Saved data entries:
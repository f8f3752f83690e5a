//! What options and positionals say.

ghost use Rattle.std.specs.Prelude.{◌≡◌, ◌≤◌, ◌==◌, Some, None, true, map, length, IfOk, IfErr, IfSome};
ghost use Rattle.std.specs.Option.{option_copied};
ghost use Rattle.ss_route.specs.Targets.{uid_of};
ghost use Rattle.ss_words.specs.Refused.{AsksNothing};
ghost use Rattle.ss_words.specs.Values.{given_value, number_in, optional_number, number_given, accounts_of, uids_of};
ghost use Rattle.ss_text.specs.Names.{id_of};
ghost use Rattle.ss_words.specs.Values.{are_distinct, are_accounts};

use crate::lines::Line;
use crate::names::OptionName;
use crate::refusals::{Cause, WordsFault};
use ss_text::{Id, Word, read_number};
use ss_town::limits::MOST_ACCOUNTS;
use std::alloc::{AllocError, Global};
use std::marker::Model;

/// Numbers of accounts, which contracts see as a list.
#[derive(Drop, Debug)]
pub struct Uids {
    uids: Vec<u32>,
}

impl Model for Uids {
    ghost use Rattle.std.specs.Prelude.{List, ℕ};

    ghost Value = { List ℕ };

    ghost view = { λ u. u.uids.items };
}

impl Uids {
    /// The numbers of a vector, which are moved.
    pub fn new(uids: Vec<u32>) -> Uids
        ensures { result ≡ uids.items }
    {
        Uids { uids }
    }

    pub fn as_slice(&self) -> &[u32]
        ensures { result.now ≡ self.now }
    {
        self.uids.as_slice()
    }
}

/// The value with which an option is given, where it is.
pub(crate) fn given<'a>(
    line: &Line<'a>,
    option: OptionName,
) -> Result<Option<&'a str>, WordsFault<'a>>
    ensures ok { IfOk result (λ value. given_value option line.now ≡ Some (option_copied value)) }
    ensures refused { IfErr result (λ fault. given_value option line.now ≡ None) }
{
    let options = line.options();
    let mut found: Option<&'a str> = None;
    for pair in options {
        if pair.0.text() == option.text() {
            if found.is_some() {
                return Err(WordsFault::at(Cause::Twice, option.text()));
            }
            found = Some(pair.1);
        }
    }
    Ok(found)
}

/// A number of 1 to 12 digits in a range.
#[tactic(auto, unfolding(crate::specs::Values::number_in))]
pub(crate) fn number_in<'a>(word: &'a str, low: u64, high: u64) -> Result<u64, WordsFault<'a>>
    ensures ok { IfOk result (λ number. number_in low high word.now ≡ Some number) }
    ensures range { IfOk result (λ number. (low ≤ number) × (number ≤ high)) }
    ensures refused { IfErr result (λ fault. number_in low high word.now ≡ None) }
{
    match read_number(word.as_bytes(), 12) {
        Some(number) if low <= number && number <= high => Ok(number),
        _ => Err(WordsFault::at(Cause::Number, word)),
    }
}

/// The number of an option, where it is given.
pub(crate) fn number_given<'a>(
    line: &Line<'a>,
    option: OptionName,
    low: u64,
    high: u64,
) -> Result<Option<u64>, WordsFault<'a>>
    ensures ok { IfOk result (λ number. number_given option low high line.now ≡ Some number) }
    ensures range { IfOk result (λ number. IfSome number (λ number. (low ≤ number) × (number ≤ high))) }
    ensures refused { IfErr result (λ fault. number_given option low high line.now ≡ None) }
{
    match given(line, option) {
        Ok(Some(text)) => match number_in(text, low, high) {
            Ok(number) => Ok(Some(number)),
            Err(fault) => Err(fault),
        },
        Ok(None) => Ok(None),
        Err(fault) => Err(fault),
    }
}

/// An account's number: 1 to 4,294,967,295 in digits without a leading zero.
#[tactic(auto, unfolding(ss_route::specs::Targets::uid_of, ss_route::specs::Targets::positive_of))]
pub(crate) fn read_uid(text: &[u8]) -> Option<u32>
    ensures { result ≡ uid_of text.now }
{
    if text.first() == Some(&b'0') {
        return None;
    }
    match read_number(text, 10) {
        Some(number) if number <= 4_294_967_295 => Some(number as u32),
        _ => None,
    }
}

/// The account that a word names.
pub(crate) fn uid_in<'a>(word: &'a str) -> Result<u32, WordsFault<'a>>
    ensures ok { IfOk result (λ uid. uid_of word.now ≡ Some uid) }
    ensures refused { IfErr result (λ fault. uid_of word.now ≡ None) }
{
    match read_uid(word.as_bytes()) {
        Some(uid) => Ok(uid),
        None => Err(WordsFault::at(Cause::Account, word)),
    }
}

/// An id of a record.
pub(crate) fn id_in<'a>(alloc: Global, word: &'a str) -> Result<Id, WordsFault<'a>>
    ensures ok { IfOk result (λ id. id_of word.now ≡ Some id) }
    ensures refused { IfErr result (λ fault. AsksNothing fault → id_of word.now ≡ None) }
{
    match Id::new(alloc, word.as_bytes()) {
        Ok(Some(id)) => Ok(id),
        Ok(None) => Err(WordsFault::at(Cause::Id, word)),
        Err(_) => Err(WordsFault::Memory),
    }
}

/// A copy of a word.
pub(crate) fn copied(alloc: Global, word: &str) -> Result<Word, AllocError>
    ensures { IfOk result (λ copied. copied ≡ word.now) }
{
    Ok(Word::new(String::from_str(alloc, word)?))
}

fn are_distinct(uids: &[u32]) -> bool
    ensures { result ≡ are_distinct uids.now }
{
    match uids {
        [] => true,
        [first, others @ ..] => !others.contains(first) && are_distinct(others),
    }
}

/// The accounts that all these words name.
fn all_uids<'a>(alloc: Global, words: &[&'a str]) -> Result<Vec<u32>, WordsFault<'a>>
    ensures ok { IfOk result (λ uids. uids_of (map (λ word. word.now) words.now) ≡ Some uids.items) }
    ensures refused { IfErr result (λ fault. AsksNothing fault → uids_of (map (λ word. word.now) words.now) ≡ None) }
{
    let mut uids = Vec::new(alloc);
    for word in words {
        let uid = match uid_in(word) {
            Ok(uid) => uid,
            Err(fault) => return Err(fault),
        };
        if uids.push(uid).is_err() {
            return Err(WordsFault::Memory);
        }
    }
    Ok(uids)
}

/// The 1 to 8 accounts that words name, none twice.
#[tactic(auto, unfolding(crate::specs::Values::accounts_of))]
pub(crate) fn accounts_in<'a>(alloc: Global, words: &[&'a str]) -> Result<Uids, WordsFault<'a>>
    ensures fit { IfOk result (λ uids. are_accounts uids ≡ true) }
    ensures ok { IfOk result (λ uids. accounts_of (map (λ word. word.now) words.now) ≡ Some uids) }
    ensures refused { IfErr result (λ fault. AsksNothing fault → accounts_of (map (λ word. word.now) words.now) ≡ None) }
{
    match all_uids(alloc, words) {
        Err(fault) => Err(fault),
        Ok(uids) => {
            if uids.is_empty() {
                Err(WordsFault::missing(Cause::TooFew))
            } else if uids.len() > MOST_ACCOUNTS {
                Err(WordsFault::missing(Cause::TooMany))
            } else if !are_distinct(uids.as_slice()) {
                Err(WordsFault::missing(Cause::SameAccount))
            } else {
                Ok(Uids::new(uids))
            }
        }
    }
}
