//! A law of words.

ghost use Rattle.std.specs.Prelude.{◌≡◌, ℕ, List};
ghost use Rattle.ss_words.specs.declared.commands.Command.{Command};
ghost use Rattle.ss_words.specs.Commands.{Asks};

/// Words ask one command at most.
pub fn words_ask_one()
    ensures { (words : List (List ℕ)) (one other : Command) → Asks words one → Asks words other → one ≡ other }
{}
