//! Why words ask nothing.

ghost use Rattle.std.specs.Prelude.{◌≡◌};

use std::alloc::AllocError;
use std::convert::From;
use std::fmt::{self, Display, Formatter, Write};

/// What is wrong with the words.
#[derive(Clone, Copy, Debug, PartialEq, Eq)]
pub enum Cause {
    /// No word names a command, or the first one isn't a command's name.
    NoCommand,

    /// A word that begins with a dash is no option of the command.
    NoOption,

    /// A value stands behind an option that has none.
    Valued,

    /// The option's value is missing.
    NoValue,

    /// The option stands there twice.
    Twice,

    /// The option's value, or a positional, is no number of its range.
    Number,

    /// There are too few words.
    TooFew,

    /// There are words too many, or the list of accounts is too long.
    TooMany,

    /// The word names no account: a number from 1 to 4,294,967,295 without a leading zero.
    Account,

    /// An account stands there twice.
    SameAccount,

    /// The word is no action of `edit`.
    Action,

    /// The word is no id of a record.
    Id,

    /// The word is no URL of an account.
    Url,

    /// The word is no IPv4 address with a port, in numbers without a leading zero.
    Address,

    /// The number of the first logs stands there, and no folder that keeps them.
    NoJournal,
}

/// Why words ask nothing, with the word at which that was seen.
#[derive(Clone, Copy, Debug)]
pub struct Refusal<'a> {
    pub cause: Cause,

    /// None where a word is missing, an account is named twice, or there are more than eight.
    pub word: Option<&'a str>,
}

/// Why no command was read.
#[derive(Clone, Copy, Debug)]
pub enum WordsFault<'a> {
    /// The words ask nothing.
    Refused(Refusal<'a>),

    /// Want of memory.
    Memory,
}

impl<'a> WordsFault<'a> {
    ghost use Rattle.ss_words.specs.declared.refusals.Refusal.{Refusal};
    ghost use Rattle.ss_words.specs.Refused.{AsksNothing};

    /// A refusal at this word.
    pub(crate) fn at(cause: Cause, word: &'a str) -> WordsFault<'a>
        ensures { AsksNothing result }
    {
        WordsFault::Refused(Refusal {
            cause,
            word: Some(word),
        })
    }

    /// A refusal for want of a word.
    pub(crate) fn missing(cause: Cause) -> WordsFault<'a>
        ensures { AsksNothing result }
    {
        WordsFault::Refused(Refusal { cause, word: None })
    }
}

impl<'a> From<AllocError> for WordsFault<'a> {
    ghost use Rattle.ss_words.specs.declared.refusals.WordsFault.TheVariants.{Memory};

    ghost from_gives = { λ _ fault. fault ≡ Memory };

    fn from(_: AllocError) -> WordsFault<'a> {
        WordsFault::Memory
    }
}

impl Display for Cause {
    fn fmt<W: Write>(&self, f: &mut Formatter<W>) -> fmt::Result {
        f.write_str(match self {
            Cause::NoCommand => "no such command",
            Cause::NoOption => "no such option of this command",
            Cause::Valued => "the option has no value",
            Cause::NoValue => "the option's value is missing",
            Cause::Twice => "the option stands there twice",
            Cause::Number => "not a number of 1 to 12 digits in the stated range",
            Cause::TooFew => "a word is missing",
            Cause::TooMany => "one word too many",
            Cause::Account =>
                "not an account's number, from 1 to 4294967295 without a leading zero",
            Cause::SameAccount => "the account stands there twice",
            Cause::Action => "no such action of edit",
            Cause::Id => "not an id, of 1 to 64 printable characters of ASCII",
            Cause::Url => "not the URL of an account, as http://host:port/1.5/UID",
            Cause::Address => {
                "not an IPv4 address, a colon and a port without leading zeros, as 127.0.0.1:8000"
            }
            Cause::NoJournal => "it stands only beside --journal",
        })
    }
}

impl<'a> Display for Refusal<'a> {
    fn fmt<W: Write>(&self, f: &mut Formatter<W>) -> fmt::Result {
        match self.word {
            Some(word) => write!(f, "`{word}`: {}", self.cause),
            None => write!(f, "{}", self.cause),
        }
    }
}
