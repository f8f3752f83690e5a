//! The words behind a command's name, read into positionals and options.

ghost use Rattle.std.specs.Prelude.{◌≡◌, Some, None, map, string_bytes, IfOk, IfErr};
ghost use Rattle.std.specs.Option.{option_copied};
ghost use Rattle.ss_words.specs.Refused.{AsksNothing};
ghost use Rattle.ss_words.specs.Lines.{is_dashed, IsLine, Line};
ghost use Rattle.ss_words.specs.Names.{has_value, option_of};
ghost use Rattle.ss_words.specs.Reading.{at, with_positional, with_option, empty_line, key_of, value_in};
ghost use Rattle.ss_words.specs.Reading.{option_reading, dash_reading, between, step};

use crate::names::{Name, OptionName};
use crate::refusals::{Cause, WordsFault};
use std::alloc::{AllocError, Global};
use std::marker::Model;

/// Where in a line a word stands.
#[derive(Clone, Copy, Debug, PartialEq, Eq)]
pub enum Place {
    /// Between two pieces.
    Between,

    /// In the place of this option's value.
    Value(OptionName),

    /// Behind `--`.
    Behind,
}

/// The positionals of a line in order, and its options with their values in order.
#[derive(Drop)]
pub(crate) struct Line<'a> {
    positionals: Vec<&'a str>,
    options: Vec<(OptionName, &'a str)>,
}

impl<'a> Model for Line<'a> {
    ghost use Rattle.std.specs.Prelude.{map};
    ghost use Rattle.ss_words.specs.Lines.{Line};

    ghost Value = { Line };

    ghost view = { λ l. record { positionals = map (λ word. word.now) l.positionals.items; options = map (λ given. (given.0, given.1.now)) l.options.items } };
}

/// Whether a word has two or more characters and begins with a dash.
fn is_dashed(word: &str) -> bool
    ensures { result ≡ is_dashed word.now }
{
    matches!(word.as_bytes(), [b'-', _, ..])
}

impl<'a> Line<'a> {
    fn new(alloc: Global) -> Line<'a>
        ensures { result ≡ empty_line }
    {
        Line {
            positionals: Vec::new(alloc),
            options: Vec::new(alloc),
        }
    }

    /// The positionals, in order.
    pub(crate) fn positionals(&self) -> &[&'a str]
        ensures { map (λ word. word.now) result.now ≡ self.now.positionals }
    {
        self.positionals.as_slice()
    }

    /// The options with their values, in order; the value of an option without one is empty.
    pub(crate) fn options(&self) -> &[(OptionName, &'a str)]
        ensures { map (λ given. (given.0, given.1.now)) result.now ≡ self.now.options }
    {
        self.options.as_slice()
    }

    fn push(&mut self, word: &'a str) -> Result<(), AllocError>
        ensures { IfOk result (λ _. self.new ≡ with_positional self.old word.now) }
    {
        self.positionals.push(word)?;
        Ok(())
    }

    fn give(&mut self, option: OptionName, value: &'a str) -> Result<(), AllocError>
        ensures { IfOk result (λ _. self.new ≡ with_option self.old option value.now) }
    {
        self.options.push((option, value))?;
        Ok(())
    }

    /// Takes an option, with the value that its word has.
    fn take_option(
        &mut self,
        option: OptionName,
        word: &'a str,
        value: Option<&'a str>,
    ) -> Result<Place, WordsFault<'a>>
        ensures ok { IfOk result (λ place. option_reading self.old option (has_value option) (option_copied value.entry)
            ≡ Some (at place self.new)) }
        ensures refused { IfErr result (λ fault. AsksNothing fault → option_reading self.old option (has_value option)
            (option_copied value.entry) ≡ None) }
    {
        match (option.has_value(), value) {
            (true, None) => Ok(Place::Value(option)),
            (true, Some(value)) => {
                self.give(option, value)?;
                Ok(Place::Between)
            }
            (false, None) => {
                self.give(option, "")?;
                Ok(Place::Between)
            }
            (false, Some(_)) => Err(WordsFault::at(Cause::Valued, word)),
        }
    }

    /// Takes a word that begins with a dash.
    fn take_dashed(&mut self, name: Name, word: &'a str) -> Result<Place, WordsFault<'a>>
        ensures ok { IfOk result (λ place. dash_reading name self.old word.now (option_of (key_of word.now))
            ≡ Some (at place self.new)) }
        ensures refused { IfErr result (λ fault. AsksNothing fault → dash_reading name self.old word.now
            (option_of (key_of word.now)) ≡ None) }
    {
        let (key, value) = cut(word);
        match OptionName::read(key) {
            Some(option) if name.takes(option) => self.take_option(option, word, value),
            _ => Err(WordsFault::at(Cause::NoOption, word)),
        }
    }

    /// Takes a word that stands between two pieces.
    fn take_between(&mut self, name: Name, word: &'a str) -> Result<Place, WordsFault<'a>>
        ensures ok { IfOk result (λ place. between name self.old word.now ≡ Some (at place self.new)) }
        ensures refused { IfErr result (λ fault. AsksNothing fault → between name self.old word.now ≡ None) }
    {
        if word == "--" {
            Ok(Place::Behind)
        } else if is_dashed(word) {
            self.take_dashed(name, word)
        } else {
            self.push(word)?;
            Ok(Place::Between)
        }
    }

    /// Takes the next word, which stands at this place.
    fn take(&mut self, name: Name, place: Place, word: &'a str) -> Result<Place, WordsFault<'a>>
        ensures ok { IfOk result (λ next. step name place self.old word.now ≡ Some (at next self.new)) }
        ensures refused { IfErr result (λ fault. AsksNothing fault → step name place self.old word.now ≡ None) }
    {
        match place {
            Place::Between => self.take_between(name, word),
            Place::Value(option) => {
                if is_dashed(word) {
                    return Err(WordsFault::at(Cause::NoValue, option.text()));
                }
                self.give(option, word)?;
                Ok(Place::Between)
            }
            Place::Behind => {
                self.push(word)?;
                Ok(Place::Behind)
            }
        }
    }
}

/// What stands before the first `=` of a word, and where there is one what stands behind it.
fn cut(word: &str) -> (&str, Option<&str>)
    ensures key { result.0.now ≡ key_of word.now }
    ensures value { option_copied result.1 ≡ value_in word.now }
{
    match word.split_once('=') {
        Some((key, value)) => (key, Some(value)),
        None => (word, None),
    }
}

/// The line that the words behind the name of a command write.
pub(crate) fn read_line<'a>(
    alloc: Global,
    name: Name,
    words: &'a [String],
) -> Result<Line<'a>, WordsFault<'a>>
    ensures ok { IfOk result (λ line. IsLine name (map (λ word. string_bytes word) words.now) line) }
    ensures refused { IfErr result (λ fault. AsksNothing fault → (line : Line)
        → IsLine name (map (λ word. string_bytes word) words.now) line → ⊥) }
{
    let mut line = Line::new(alloc);
    let mut place = Place::Between;
    for word in words {
        place = match line.take(name, place, word.as_str()) {
            Ok(next) => next,
            Err(fault) => return Err(fault),
        };
    }
    match place {
        Place::Between | Place::Behind => Ok(line),
        Place::Value(option) => Err(WordsFault::at(Cause::NoValue, option.text())),
    }
}
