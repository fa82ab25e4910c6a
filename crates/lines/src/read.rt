//! Reads a line as a call, or as the opening of a book.
ghost use Rattle.std.specs.Prelude.{◌≡◌, Bool, MatchResult};
ghost use Rattle.std.specs.Fn.{FnOnceReturnsAt};
ghost use Rattle.grammar.specs.Reads.{ReadsCall, ReadsOpening, Refused};
ghost use Rattle.lines.specs.Forms.{Tells, Fitting};
ghost use Rattle.units.specs.Heads.{calls, openings};

use super::form::{Parts, read_form};
use super::lists::{Lists, Room};
use units::call::{Call, Opening};
use units::fault::Fault;
use units::head::Head;

fn is_opening(head: &Head) -> bool
    ensures { result ≡ openings head.now }
{
    matches!(head, Head::Open)
}

fn is_call(head: &Head) -> bool
    ensures { result ≡ calls head.now }
{
    !is_opening(head)
}

/// The head and the parts of the line, if it is a form, its head is wanted, and its arguments fit the head.
fn read_wanted<'a, W: FnOnce(&Head) -> bool>(
    line: &'a [u8],
    wanted: W,
) -> Result<(Head, Parts<'a>), Fault>
    requires { W.IsAlwaysCallable wanted }
    ensures { (heads : Head → Bool) → Tells (FnOnceReturnsAt W.FnOnce wanted) heads
        → MatchResult result (λ p. Fitting heads line.now p.0 p.1) (Refused heads line.now) }
{
    let parts = read_form(line)?;
    let head = parts.head().filter(wanted).ok_or(Fault::UnknownHead)?;
    parts.fit(head)?;
    Ok((head, parts))
}

/// The call that the line asks for, with the numbers of its list in the room that is lent.
///
/// A line over 1,024 bytes is refused, then one that is no form, then an unknown head, then the first argument that
/// is missing, surplus or of the wrong sort. No memory is asked for.
pub fn read_call<'r>(line: &[u8], room: &'r mut Room) -> Result<Call<'r>, Fault>
    ensures { ReadsCall line.now result }
{
    let (head, parts) = read_wanted(line, is_call)?;
    Call::from_parts(parts.call(head, room)).ok_or(Fault::UnknownHead)
}

/// The opening that the line asks for. It is refused as a call is, and any head but `open` is unknown here.
pub fn read_opening<'r>(line: &[u8], lists: &'r mut Lists) -> Result<Opening<'r>, Fault>
    ensures { ReadsOpening line.now result }
{
    let (_, parts) = read_wanted(line, is_opening)?;
    Ok(parts.opening(lists))
}
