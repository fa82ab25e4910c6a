//! Whether arguments are of the sorts that a head takes.
ghost use Rattle.std.specs.Prelude.{◌≡◌, map, MatchOption};
ghost use Rattle.grammar.specs.Calls.{Misfit};
ghost use Rattle.lines.specs.Arguments.{part_sort};

use tokens::token::Part;
use units::head::Sort;

/// A word goes as a number, which no form holds.
fn sort_of(part: Part) -> Sort
    ensures { result ≡ part_sort part.entry }
{
    match part {
        Part::Word(_) | Part::Number(_) => Sort::Number,
        Part::List(_) => Sort::List,
    }
}

/// The position, from 1, of the first argument that is missing, surplus or of the wrong sort.
pub fn misfit(args: &[Part], sorts: &[Sort]) -> Option<usize>
    ensures { MatchOption result (map part_sort args.now ≡ sorts.now)
        (Misfit (map part_sort args.now) sorts.now) }
{
    match (args, sorts) {
        ([], []) => None,
        ([arg, args @ ..], [sort, sorts @ ..]) if sort_of(*arg) == *sort => {
            misfit(args, sorts).map(|p| p + 1)
        }
        _ => Some(1),
    }
}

### Your task
Please reproduce, exactly as they appear above, the lines from the line containing "fn take_between(&mut self, name: Name, word: &'a" up to and including the line containing "(λ place. between".

### Answer for this exercise
    fn take_between(&mut self, name: Name, word: &'a str) -> Result<Place, WordsFault<'a>>
        ensures ok { IfOk result (λ place. between name self.old word.now ≡ Some (at place self.new)) }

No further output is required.